On table extraction, the model led across every benchmark evaluated: PubTablesV2 at 92.1 percent on cropped tables and 79.3 percent on full-page documents, OmniDocBench at 64.0 percent, and TableVQA at 88.1 percent, all measured by TEDS, a metric that evaluates both structural and content accuracy.
ChartNet itself was generated using a code-guided synthesis pipeline across 24 chart types and 6 plotting libraries. IBM supplemented the synthetic data with human-annotated and real-world subsets filtered for visual fidelity and semantic accuracy. The five-component alignment means that for any chart, the model sees the code that built it, the rendered output, the raw data, a human-written summary, and structured Q&A. That cross-modal grounding is what lets it go beyond pattern recognition and into actual reasoning about chart content.
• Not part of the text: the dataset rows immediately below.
//! The driver that comes of a reopening.
ghost use Rattle.std.specs.Prelude.{◌≡◌, ◌≢◌, ◌≤◌, IfOk, Some, is_some, map, not, true};
ghost use Rattle.sm_placement.specs.Layout.{place_of};
ghost use Rattle.sm_placement.specs.Lead.{IsSettled};
ghost use Rattle.sm_placement.specs.Place.{down_count};
ghost use Rattle.sm_placement.specs.Setup.{sizes_of};
ghost use Rattle.laws_network.specs.Reopening.{Server, Settlement};
ghost use Rattle.sm_reopening.specs.Ongoing.{net_reopening};
ghost use Rattle.sm_driver.specs.Orders.{epoch_base};
ghost use Rattle.sm_driver.specs.Permits.{AreEarlierPermits, permit_of};
ghost use Rattle.smpland_reopening.specs.InForce.{IsInForce, IsOpenedFrom, IsOpenedOver};

use crate::reopening::{DocumentReopening, OpenedEpoch};
use sm_driver::Driver;
use sm_machine::OpenFault;
use sm_placement::Placement;
use sm_plan_code::MOST_PLACES;
use sm_server::ServerId;
use std::alloc::{AllocError, Global};

/// Returns the permit of a server, if it has one.
fn permit_of(permits: &[Option<u64>], server: &ServerId) -> Option<u64>
    ensures { result ≡ permit_of permits.now server.now }
{
    match permits.get(server.number() as usize) {
        Some(permit) => *permit,
        None => None,
    }
}

/// Returns the want of memory for which a driver was not opened.
fn want_of_memory(fault: OpenFault) -> AllocError
    requires { fault ≢ OpenFault.LogFull }
{
    match fault {
        OpenFault::NoMemory => AllocError,
        OpenFault::LogFull => unreachable!(),
    }
}

/// What the next driver keeps of servers: the permits of earlier epochs, and who is carried over.
#[derive(Clone, Copy)]
struct KeptServers<'k> {
    permits: &'k [Option<u64>],
    carried: &'k [bool],
}

/// Opens the driver that a reopening comes to.
fn driver_over(
    alloc: Global,
    next: Placement,
    opened: OpenedEpoch,
    log: u32,
    kept: KeptServers<'_>,
) -> Result<Driver, AllocError>
    requires settled { IsSettled (sizes_of next.setup) (place_of next) }
    requires permits { AreEarlierPermits (epoch_base opened.epoch) kept.permits.now }
    requires room { down_count (sizes_of next.setup) (place_of next) ≤ log }
    requires most { log ≤ MOST_PLACES }
    ensures { IfOk result (λ d.
        IsOpenedOver next log opened.journal opened.epoch kept.entry.permits.now kept.entry.carried.now d) }
{
    let OpenedEpoch { journal, epoch } = opened;
    match Driver::reopen(alloc, next, log, journal, epoch, kept.permits, kept.carried) {
        Ok(driver) => Ok(driver),
        Err((next, fault)) => {
            drop(next);
            Err(want_of_memory(fault))
        }
    }
}

impl DocumentReopening {
    /// Returns the permits of the document's servers that had one, in the document's order.
    fn kept_permits(&self, alloc: Global) -> Result<Vec<Option<u64>>, AllocError>
        ensures { IfOk result (λ kept. kept.items ≡ map (permit_of self.now.permits) self.now.servers) }
    {
        self.servers
            .iter()
            .map(|server| permit_of(&self.permits, server))
            .collect(alloc)
    }

    /// Returns which of the document's servers did not answer, in the document's order.
    fn carried_marks(&self, alloc: Global) -> Result<Vec<bool>, AllocError>
        ensures { IfOk result (λ marks. marks.items
            ≡ map (λ v. not (is_some ((net_reopening self.now.ongoing).told (Server v)))) self.now.servers) }
    {
        self.servers
            .iter()
            .map(|server| !self.ongoing.has_told(*server))
            .collect(alloc)
    }

    /// Puts the settlement in force: opens the driver of the next epoch, in which servers and shards have the numbers
    /// of the document's order.
    pub fn put_in_force(self, alloc: Global) -> Result<Driver, AllocError>
        requires { is_some (net_reopening self.ongoing).settlement ≡ true }
        ensures in_force { IfOk result (λ driver. (s : Settlement) → (net_reopening self.ongoing).settlement ≡ Some s
            → IsInForce self s driver) }
        ensures opened { IfOk result (λ driver. IsOpenedFrom self driver) }
    {
        let permits = self.kept_permits(alloc)?;
        let carried = self.carried_marks(alloc)?;
        self.document.config.server_count();
        let (journal, epoch, log) = (self.journal, self.epoch, self.document.log);
        let opened = OpenedEpoch { journal, epoch };
        match self.into_next() {
            Some(next) => {
                let kept = KeptServers {
                    permits: &permits,
                    carried: &carried,
                };
                let driver = driver_over(alloc, next, opened, log, kept)?;
                Ok(driver)
            }
            None => unreachable!(),
        }
    }
}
The model is available on Hugging Face under an Apache 2.0 license. It can run standalone on individual images or be integrated with Docling, an open-source document processing library, for end-to-end pipelines handling multi-page PDFs. IBM specifically mentions financial report analysis and research document intelligence as target use cases.
What the benchmark results suggest, even before this model ships into production workflows, is that the bottleneck in enterprise document processing is no longer optical character recognition or layout understanding. The models have gotten good enough at that. The bottleneck is the cost and speed of human review for extracted content. When a model reads a government form at 85.5 percent exact-match accuracy, the economics of document processing change: what used to require a human to verify every field can now require a human to audit a sample. That shift has not landed yet in most enterprise pipelines, but the ChartNet paper, accepted at CVPR 2026, suggests the dataset underpinning it will accelerate the timeline.